### Material provided
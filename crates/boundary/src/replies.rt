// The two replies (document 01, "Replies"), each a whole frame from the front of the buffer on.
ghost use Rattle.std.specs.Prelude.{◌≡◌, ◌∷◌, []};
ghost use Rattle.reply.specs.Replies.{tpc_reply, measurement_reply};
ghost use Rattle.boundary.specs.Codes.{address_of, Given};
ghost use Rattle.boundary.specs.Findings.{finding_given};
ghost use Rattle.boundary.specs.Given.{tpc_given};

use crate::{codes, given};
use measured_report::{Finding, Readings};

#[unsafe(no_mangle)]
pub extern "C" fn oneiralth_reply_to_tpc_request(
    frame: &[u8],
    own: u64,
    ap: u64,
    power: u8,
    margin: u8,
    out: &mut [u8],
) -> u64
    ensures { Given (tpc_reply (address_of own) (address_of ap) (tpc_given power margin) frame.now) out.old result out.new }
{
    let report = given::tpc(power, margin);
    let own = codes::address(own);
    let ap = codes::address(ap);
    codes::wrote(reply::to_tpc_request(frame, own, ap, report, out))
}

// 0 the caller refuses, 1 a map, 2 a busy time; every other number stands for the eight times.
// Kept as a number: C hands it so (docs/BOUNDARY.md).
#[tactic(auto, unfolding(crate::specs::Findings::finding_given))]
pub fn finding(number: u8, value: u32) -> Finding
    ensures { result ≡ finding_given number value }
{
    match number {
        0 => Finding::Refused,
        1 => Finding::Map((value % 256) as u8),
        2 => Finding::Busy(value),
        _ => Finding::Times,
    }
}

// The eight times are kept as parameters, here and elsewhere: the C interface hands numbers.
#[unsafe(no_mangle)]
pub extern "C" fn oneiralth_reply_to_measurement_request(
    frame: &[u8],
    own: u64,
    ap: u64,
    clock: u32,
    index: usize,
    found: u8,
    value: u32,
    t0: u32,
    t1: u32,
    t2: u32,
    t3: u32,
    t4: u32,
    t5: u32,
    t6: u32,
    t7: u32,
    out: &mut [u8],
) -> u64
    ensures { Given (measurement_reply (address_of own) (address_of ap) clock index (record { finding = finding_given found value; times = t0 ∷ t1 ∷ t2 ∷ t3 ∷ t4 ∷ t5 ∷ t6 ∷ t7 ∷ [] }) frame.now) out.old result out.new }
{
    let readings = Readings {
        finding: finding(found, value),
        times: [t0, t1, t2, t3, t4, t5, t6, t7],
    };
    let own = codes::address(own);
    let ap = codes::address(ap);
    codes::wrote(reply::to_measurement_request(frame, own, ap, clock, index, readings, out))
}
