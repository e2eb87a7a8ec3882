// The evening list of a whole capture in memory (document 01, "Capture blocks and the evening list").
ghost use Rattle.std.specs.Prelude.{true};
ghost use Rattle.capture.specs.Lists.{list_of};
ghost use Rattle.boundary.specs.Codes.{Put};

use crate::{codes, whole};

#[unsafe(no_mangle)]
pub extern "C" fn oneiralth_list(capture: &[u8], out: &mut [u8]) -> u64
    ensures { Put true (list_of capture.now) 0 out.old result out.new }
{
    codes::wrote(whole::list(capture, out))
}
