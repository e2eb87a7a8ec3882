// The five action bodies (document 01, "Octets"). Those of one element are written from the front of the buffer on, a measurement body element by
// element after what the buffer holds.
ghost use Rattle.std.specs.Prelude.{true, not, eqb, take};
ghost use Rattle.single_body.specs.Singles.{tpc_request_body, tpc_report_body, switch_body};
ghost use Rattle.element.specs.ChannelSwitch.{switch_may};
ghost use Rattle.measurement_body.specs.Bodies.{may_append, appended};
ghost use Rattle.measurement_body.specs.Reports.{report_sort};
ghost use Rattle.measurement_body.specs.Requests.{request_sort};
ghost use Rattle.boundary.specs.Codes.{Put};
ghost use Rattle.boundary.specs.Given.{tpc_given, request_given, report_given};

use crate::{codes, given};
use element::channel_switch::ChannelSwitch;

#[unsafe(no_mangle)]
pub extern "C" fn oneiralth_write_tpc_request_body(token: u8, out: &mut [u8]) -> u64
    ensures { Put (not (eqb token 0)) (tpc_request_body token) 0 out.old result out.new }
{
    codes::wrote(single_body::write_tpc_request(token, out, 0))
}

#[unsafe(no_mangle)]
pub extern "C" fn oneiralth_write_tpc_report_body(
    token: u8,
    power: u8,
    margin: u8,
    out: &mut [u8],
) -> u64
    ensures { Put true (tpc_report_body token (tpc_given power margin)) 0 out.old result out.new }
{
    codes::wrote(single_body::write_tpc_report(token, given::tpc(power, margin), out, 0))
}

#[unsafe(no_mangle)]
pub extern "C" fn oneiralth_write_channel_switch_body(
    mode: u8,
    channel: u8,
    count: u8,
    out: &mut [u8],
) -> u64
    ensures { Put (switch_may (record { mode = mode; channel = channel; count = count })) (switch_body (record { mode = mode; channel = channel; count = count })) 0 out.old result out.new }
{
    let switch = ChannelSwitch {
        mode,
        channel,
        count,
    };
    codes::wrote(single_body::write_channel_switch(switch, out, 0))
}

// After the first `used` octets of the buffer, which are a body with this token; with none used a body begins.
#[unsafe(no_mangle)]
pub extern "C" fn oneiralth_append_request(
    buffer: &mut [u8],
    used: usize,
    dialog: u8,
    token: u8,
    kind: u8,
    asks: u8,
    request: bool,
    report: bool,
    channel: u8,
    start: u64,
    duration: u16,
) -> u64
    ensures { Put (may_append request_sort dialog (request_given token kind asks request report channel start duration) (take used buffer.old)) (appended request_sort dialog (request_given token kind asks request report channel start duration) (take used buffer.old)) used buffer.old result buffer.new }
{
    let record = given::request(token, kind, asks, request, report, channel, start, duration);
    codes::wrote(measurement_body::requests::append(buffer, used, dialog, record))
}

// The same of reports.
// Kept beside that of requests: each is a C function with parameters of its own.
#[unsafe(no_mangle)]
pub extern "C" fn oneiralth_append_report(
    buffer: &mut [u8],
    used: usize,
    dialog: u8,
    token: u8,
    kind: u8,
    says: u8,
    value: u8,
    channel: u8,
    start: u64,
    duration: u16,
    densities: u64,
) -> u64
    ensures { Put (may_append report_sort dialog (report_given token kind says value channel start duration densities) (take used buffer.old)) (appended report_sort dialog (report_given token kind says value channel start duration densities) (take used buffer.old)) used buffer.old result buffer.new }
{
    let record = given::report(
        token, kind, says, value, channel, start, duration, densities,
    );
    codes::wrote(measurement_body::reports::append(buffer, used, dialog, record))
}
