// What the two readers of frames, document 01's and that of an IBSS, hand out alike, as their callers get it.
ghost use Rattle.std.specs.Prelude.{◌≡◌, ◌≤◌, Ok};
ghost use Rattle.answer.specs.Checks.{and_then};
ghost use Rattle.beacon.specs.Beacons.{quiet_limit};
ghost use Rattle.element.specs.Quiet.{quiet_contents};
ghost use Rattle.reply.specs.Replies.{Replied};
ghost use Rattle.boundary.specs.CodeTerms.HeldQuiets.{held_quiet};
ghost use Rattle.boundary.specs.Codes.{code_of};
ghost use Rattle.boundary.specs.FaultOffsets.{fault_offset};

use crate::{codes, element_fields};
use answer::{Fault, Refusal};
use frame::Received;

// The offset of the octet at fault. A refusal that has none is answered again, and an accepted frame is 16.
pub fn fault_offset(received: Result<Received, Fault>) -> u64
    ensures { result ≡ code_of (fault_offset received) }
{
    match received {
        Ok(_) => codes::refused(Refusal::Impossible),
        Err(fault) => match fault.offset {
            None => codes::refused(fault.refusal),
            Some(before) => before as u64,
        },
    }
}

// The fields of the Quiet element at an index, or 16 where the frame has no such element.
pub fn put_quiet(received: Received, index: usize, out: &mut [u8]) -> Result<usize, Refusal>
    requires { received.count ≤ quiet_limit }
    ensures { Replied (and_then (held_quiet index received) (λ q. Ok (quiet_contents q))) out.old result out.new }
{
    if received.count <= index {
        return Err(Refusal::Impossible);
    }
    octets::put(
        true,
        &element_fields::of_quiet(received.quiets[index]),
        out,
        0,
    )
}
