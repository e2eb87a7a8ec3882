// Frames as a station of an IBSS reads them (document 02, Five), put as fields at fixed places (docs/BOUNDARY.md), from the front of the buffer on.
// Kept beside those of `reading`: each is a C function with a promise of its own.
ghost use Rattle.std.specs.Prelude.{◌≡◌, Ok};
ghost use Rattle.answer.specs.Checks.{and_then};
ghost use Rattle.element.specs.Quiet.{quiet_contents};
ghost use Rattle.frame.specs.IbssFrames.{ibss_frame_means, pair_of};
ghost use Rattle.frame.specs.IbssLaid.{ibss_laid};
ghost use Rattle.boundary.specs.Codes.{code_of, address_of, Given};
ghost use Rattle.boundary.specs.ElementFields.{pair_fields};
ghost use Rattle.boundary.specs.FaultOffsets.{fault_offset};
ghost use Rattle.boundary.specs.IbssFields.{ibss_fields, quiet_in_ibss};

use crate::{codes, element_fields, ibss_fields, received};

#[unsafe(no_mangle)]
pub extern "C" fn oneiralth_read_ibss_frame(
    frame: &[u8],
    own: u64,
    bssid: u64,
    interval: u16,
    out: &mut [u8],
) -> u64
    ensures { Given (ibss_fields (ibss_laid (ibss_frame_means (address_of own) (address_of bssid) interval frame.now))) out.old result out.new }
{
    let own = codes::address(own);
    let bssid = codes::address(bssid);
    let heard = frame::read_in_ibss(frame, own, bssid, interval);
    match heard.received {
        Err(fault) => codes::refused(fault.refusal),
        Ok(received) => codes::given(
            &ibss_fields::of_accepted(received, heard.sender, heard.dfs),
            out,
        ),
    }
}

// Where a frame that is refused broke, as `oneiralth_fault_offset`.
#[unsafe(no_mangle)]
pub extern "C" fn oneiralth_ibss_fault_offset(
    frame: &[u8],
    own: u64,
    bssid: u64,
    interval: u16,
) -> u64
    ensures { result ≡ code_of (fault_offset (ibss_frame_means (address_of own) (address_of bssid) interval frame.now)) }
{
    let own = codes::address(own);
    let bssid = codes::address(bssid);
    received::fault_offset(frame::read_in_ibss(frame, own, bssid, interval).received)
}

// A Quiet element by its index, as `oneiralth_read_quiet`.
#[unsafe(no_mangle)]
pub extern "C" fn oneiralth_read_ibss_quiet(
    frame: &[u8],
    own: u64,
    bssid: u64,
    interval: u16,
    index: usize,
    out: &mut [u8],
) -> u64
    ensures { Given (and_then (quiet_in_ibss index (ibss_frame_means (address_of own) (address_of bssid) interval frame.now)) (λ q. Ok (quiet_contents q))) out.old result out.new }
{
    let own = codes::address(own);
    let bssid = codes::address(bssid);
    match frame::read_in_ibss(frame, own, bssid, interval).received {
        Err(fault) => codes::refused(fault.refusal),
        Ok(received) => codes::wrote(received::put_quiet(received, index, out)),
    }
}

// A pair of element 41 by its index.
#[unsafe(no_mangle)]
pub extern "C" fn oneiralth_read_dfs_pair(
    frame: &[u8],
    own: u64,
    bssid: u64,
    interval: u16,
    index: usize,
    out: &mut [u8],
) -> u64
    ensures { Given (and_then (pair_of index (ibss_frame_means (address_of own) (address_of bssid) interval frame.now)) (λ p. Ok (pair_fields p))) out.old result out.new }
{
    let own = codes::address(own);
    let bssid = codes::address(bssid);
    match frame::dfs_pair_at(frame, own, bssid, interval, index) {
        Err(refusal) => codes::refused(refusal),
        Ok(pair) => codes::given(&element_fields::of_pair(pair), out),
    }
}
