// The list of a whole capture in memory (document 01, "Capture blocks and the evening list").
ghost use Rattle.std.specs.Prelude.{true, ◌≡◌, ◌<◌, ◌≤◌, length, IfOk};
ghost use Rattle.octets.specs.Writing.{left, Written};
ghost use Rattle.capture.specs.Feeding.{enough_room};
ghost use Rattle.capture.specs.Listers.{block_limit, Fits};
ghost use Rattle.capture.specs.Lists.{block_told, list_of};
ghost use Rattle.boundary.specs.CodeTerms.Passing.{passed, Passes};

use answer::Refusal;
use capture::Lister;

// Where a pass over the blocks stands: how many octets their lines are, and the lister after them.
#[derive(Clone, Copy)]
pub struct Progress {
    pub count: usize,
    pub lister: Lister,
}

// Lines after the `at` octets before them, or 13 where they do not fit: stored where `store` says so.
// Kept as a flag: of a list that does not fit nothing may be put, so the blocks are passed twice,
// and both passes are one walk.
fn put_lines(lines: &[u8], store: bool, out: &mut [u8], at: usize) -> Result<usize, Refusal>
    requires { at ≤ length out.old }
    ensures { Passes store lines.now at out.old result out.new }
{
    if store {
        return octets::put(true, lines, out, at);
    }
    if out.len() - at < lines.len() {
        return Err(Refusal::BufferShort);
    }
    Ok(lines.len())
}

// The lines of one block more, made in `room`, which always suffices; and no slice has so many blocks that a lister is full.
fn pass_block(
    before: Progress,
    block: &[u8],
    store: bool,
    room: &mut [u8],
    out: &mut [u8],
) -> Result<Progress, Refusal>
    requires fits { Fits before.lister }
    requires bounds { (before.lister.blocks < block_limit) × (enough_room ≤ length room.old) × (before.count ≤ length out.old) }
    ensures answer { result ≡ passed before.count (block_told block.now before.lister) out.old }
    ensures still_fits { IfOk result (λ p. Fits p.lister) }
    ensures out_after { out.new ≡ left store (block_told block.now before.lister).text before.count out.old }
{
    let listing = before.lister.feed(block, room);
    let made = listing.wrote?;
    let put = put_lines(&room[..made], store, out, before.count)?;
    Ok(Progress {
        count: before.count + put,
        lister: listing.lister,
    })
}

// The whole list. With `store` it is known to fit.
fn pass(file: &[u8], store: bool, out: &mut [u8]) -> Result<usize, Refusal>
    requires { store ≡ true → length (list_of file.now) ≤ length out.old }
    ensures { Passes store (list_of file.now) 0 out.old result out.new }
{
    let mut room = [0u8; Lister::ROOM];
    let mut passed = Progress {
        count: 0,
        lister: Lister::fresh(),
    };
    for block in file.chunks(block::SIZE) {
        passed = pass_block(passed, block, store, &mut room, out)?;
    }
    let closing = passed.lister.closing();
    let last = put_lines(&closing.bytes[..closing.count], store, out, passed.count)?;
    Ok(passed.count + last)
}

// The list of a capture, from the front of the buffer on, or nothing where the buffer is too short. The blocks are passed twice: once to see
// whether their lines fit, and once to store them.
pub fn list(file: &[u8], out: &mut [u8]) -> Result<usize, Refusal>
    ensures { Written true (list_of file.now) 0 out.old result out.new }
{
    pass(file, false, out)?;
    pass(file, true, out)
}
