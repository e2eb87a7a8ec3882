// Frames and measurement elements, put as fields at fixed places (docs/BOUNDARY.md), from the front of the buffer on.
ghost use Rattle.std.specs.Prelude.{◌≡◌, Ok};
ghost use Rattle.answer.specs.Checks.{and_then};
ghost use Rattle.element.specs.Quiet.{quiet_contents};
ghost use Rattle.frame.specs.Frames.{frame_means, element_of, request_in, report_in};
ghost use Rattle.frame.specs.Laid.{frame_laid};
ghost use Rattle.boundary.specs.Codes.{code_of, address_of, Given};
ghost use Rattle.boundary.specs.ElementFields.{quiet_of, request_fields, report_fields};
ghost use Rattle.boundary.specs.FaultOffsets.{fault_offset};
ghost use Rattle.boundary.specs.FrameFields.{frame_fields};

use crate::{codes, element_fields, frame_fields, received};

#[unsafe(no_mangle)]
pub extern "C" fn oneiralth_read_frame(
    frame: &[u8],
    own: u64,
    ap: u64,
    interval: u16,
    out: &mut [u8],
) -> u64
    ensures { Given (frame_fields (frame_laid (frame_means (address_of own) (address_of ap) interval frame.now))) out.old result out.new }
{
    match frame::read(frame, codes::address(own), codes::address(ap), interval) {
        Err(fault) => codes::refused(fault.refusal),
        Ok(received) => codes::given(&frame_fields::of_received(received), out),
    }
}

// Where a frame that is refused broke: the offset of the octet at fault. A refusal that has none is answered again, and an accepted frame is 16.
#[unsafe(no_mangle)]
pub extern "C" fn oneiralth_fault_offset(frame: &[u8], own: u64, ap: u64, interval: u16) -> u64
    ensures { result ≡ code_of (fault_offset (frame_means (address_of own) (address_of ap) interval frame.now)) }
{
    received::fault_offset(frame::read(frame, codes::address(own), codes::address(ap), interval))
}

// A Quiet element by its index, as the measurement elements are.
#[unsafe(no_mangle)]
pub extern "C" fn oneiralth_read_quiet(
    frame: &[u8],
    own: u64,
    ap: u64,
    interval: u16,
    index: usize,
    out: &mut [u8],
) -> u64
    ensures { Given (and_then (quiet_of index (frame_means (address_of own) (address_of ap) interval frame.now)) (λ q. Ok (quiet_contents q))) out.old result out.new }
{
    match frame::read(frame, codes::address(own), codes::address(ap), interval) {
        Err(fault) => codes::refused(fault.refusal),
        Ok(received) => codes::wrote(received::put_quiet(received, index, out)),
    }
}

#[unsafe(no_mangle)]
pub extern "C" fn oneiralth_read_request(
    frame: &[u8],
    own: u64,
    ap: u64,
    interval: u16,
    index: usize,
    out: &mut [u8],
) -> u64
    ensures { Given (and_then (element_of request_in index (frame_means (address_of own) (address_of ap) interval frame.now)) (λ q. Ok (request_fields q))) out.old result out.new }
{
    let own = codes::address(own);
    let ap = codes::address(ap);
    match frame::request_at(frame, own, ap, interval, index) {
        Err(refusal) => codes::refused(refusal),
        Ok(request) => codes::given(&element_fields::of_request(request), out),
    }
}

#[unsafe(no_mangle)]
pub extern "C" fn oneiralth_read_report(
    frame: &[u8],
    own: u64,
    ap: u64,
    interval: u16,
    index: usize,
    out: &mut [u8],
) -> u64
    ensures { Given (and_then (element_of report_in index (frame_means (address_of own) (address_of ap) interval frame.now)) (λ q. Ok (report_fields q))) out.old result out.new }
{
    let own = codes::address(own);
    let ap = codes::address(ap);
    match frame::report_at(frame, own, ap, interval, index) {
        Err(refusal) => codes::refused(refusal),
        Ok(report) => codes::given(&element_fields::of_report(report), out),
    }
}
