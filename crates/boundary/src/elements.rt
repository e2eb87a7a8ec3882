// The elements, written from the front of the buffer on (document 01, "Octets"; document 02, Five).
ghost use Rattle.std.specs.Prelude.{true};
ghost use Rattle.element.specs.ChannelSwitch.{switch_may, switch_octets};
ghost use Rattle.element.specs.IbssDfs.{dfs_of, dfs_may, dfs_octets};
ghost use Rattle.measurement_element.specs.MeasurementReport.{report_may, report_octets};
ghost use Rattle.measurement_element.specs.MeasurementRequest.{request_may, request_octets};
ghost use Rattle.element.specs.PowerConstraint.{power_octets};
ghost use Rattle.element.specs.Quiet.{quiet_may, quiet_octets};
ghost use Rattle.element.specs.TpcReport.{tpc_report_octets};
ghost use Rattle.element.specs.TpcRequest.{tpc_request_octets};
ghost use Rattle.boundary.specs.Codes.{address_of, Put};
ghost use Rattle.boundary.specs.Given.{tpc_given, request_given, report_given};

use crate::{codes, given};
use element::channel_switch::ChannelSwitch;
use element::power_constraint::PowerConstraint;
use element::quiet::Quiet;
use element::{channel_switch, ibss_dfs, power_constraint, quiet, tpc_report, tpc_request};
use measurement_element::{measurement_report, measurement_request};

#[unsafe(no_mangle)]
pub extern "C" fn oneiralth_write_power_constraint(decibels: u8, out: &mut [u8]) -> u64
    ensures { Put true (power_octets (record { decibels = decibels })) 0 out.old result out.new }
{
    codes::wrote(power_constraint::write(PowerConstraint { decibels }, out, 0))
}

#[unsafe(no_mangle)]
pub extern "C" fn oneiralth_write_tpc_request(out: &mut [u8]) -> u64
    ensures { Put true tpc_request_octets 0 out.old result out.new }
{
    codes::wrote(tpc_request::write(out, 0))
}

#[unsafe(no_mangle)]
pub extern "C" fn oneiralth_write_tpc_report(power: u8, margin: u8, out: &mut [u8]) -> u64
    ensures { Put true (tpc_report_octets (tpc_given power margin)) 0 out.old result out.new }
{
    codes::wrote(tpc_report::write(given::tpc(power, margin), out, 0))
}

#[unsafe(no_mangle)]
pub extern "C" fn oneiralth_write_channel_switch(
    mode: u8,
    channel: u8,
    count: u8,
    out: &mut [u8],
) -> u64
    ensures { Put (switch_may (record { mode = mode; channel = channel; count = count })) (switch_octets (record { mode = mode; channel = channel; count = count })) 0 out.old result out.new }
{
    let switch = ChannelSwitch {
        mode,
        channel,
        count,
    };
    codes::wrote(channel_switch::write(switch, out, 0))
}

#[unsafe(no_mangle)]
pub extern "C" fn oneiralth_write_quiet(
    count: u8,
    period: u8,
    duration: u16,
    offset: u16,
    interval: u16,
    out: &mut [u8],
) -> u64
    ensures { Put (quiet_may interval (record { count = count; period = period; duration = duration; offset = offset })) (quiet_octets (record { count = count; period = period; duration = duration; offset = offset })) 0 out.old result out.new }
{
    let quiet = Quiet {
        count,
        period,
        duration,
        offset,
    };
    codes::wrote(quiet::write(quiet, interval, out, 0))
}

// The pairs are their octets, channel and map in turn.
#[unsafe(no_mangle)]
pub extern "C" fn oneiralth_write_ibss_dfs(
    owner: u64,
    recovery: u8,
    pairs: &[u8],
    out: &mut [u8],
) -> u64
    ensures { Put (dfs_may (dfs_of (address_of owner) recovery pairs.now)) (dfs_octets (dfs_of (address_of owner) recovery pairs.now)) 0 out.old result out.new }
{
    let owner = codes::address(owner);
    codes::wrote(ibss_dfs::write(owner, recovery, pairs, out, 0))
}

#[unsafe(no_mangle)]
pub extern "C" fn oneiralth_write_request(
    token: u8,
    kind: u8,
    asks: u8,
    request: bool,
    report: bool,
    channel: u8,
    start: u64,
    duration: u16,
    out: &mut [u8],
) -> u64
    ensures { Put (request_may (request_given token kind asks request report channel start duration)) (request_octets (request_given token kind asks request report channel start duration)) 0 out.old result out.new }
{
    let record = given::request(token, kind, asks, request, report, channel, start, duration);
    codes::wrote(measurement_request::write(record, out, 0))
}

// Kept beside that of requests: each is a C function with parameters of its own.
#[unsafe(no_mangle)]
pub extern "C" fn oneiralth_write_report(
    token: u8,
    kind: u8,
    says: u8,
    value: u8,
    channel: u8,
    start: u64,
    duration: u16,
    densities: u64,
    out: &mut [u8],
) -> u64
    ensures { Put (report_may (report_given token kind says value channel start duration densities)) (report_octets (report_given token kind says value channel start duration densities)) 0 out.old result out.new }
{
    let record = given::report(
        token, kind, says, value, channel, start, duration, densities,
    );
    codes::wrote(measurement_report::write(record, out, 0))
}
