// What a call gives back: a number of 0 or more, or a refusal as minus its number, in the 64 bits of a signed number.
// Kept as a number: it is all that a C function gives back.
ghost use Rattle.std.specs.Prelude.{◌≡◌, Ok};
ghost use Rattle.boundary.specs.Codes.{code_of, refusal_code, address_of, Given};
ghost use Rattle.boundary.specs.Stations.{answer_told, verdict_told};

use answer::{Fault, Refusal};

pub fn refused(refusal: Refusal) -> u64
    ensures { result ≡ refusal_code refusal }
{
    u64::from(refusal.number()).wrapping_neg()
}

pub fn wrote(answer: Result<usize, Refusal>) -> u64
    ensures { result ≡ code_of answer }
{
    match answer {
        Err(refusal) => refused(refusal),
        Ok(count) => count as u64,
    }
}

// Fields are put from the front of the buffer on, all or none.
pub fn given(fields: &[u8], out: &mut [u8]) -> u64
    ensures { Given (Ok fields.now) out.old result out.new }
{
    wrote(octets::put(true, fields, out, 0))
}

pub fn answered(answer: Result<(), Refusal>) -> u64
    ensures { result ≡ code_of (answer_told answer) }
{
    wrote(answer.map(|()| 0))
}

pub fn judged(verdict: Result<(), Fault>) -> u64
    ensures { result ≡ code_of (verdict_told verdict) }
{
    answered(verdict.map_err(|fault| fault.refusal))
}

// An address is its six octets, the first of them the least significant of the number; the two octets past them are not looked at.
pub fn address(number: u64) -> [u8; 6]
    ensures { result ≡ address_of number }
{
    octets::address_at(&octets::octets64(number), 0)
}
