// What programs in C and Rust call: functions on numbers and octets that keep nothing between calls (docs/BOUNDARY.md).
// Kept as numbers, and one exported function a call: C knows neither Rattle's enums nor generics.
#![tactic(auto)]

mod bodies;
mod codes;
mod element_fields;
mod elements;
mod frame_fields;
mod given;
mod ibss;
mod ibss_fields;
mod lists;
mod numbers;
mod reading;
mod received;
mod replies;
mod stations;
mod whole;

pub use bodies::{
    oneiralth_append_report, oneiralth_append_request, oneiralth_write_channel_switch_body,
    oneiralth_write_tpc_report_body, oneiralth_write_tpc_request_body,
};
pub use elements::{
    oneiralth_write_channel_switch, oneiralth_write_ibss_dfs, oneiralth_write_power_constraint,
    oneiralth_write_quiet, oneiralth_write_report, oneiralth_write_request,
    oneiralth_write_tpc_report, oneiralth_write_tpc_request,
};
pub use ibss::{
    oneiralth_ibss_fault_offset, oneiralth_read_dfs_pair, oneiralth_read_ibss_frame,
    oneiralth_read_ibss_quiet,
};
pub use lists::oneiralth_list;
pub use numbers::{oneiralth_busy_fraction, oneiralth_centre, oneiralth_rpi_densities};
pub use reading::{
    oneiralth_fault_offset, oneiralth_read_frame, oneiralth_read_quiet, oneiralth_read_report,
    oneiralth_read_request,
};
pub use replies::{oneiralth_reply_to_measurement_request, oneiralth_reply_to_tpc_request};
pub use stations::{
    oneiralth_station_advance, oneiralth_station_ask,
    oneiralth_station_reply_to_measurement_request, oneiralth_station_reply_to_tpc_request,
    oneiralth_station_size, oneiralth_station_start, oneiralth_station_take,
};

### Exercise brief
Filter the material for the word "memory" and copy each matching line.

### Task answer
// The evening list of a whole capture in memory (document 01, "Capture blocks and the evening list").
// The list of a whole capture in memory (document 01, "Capture blocks and the evening list").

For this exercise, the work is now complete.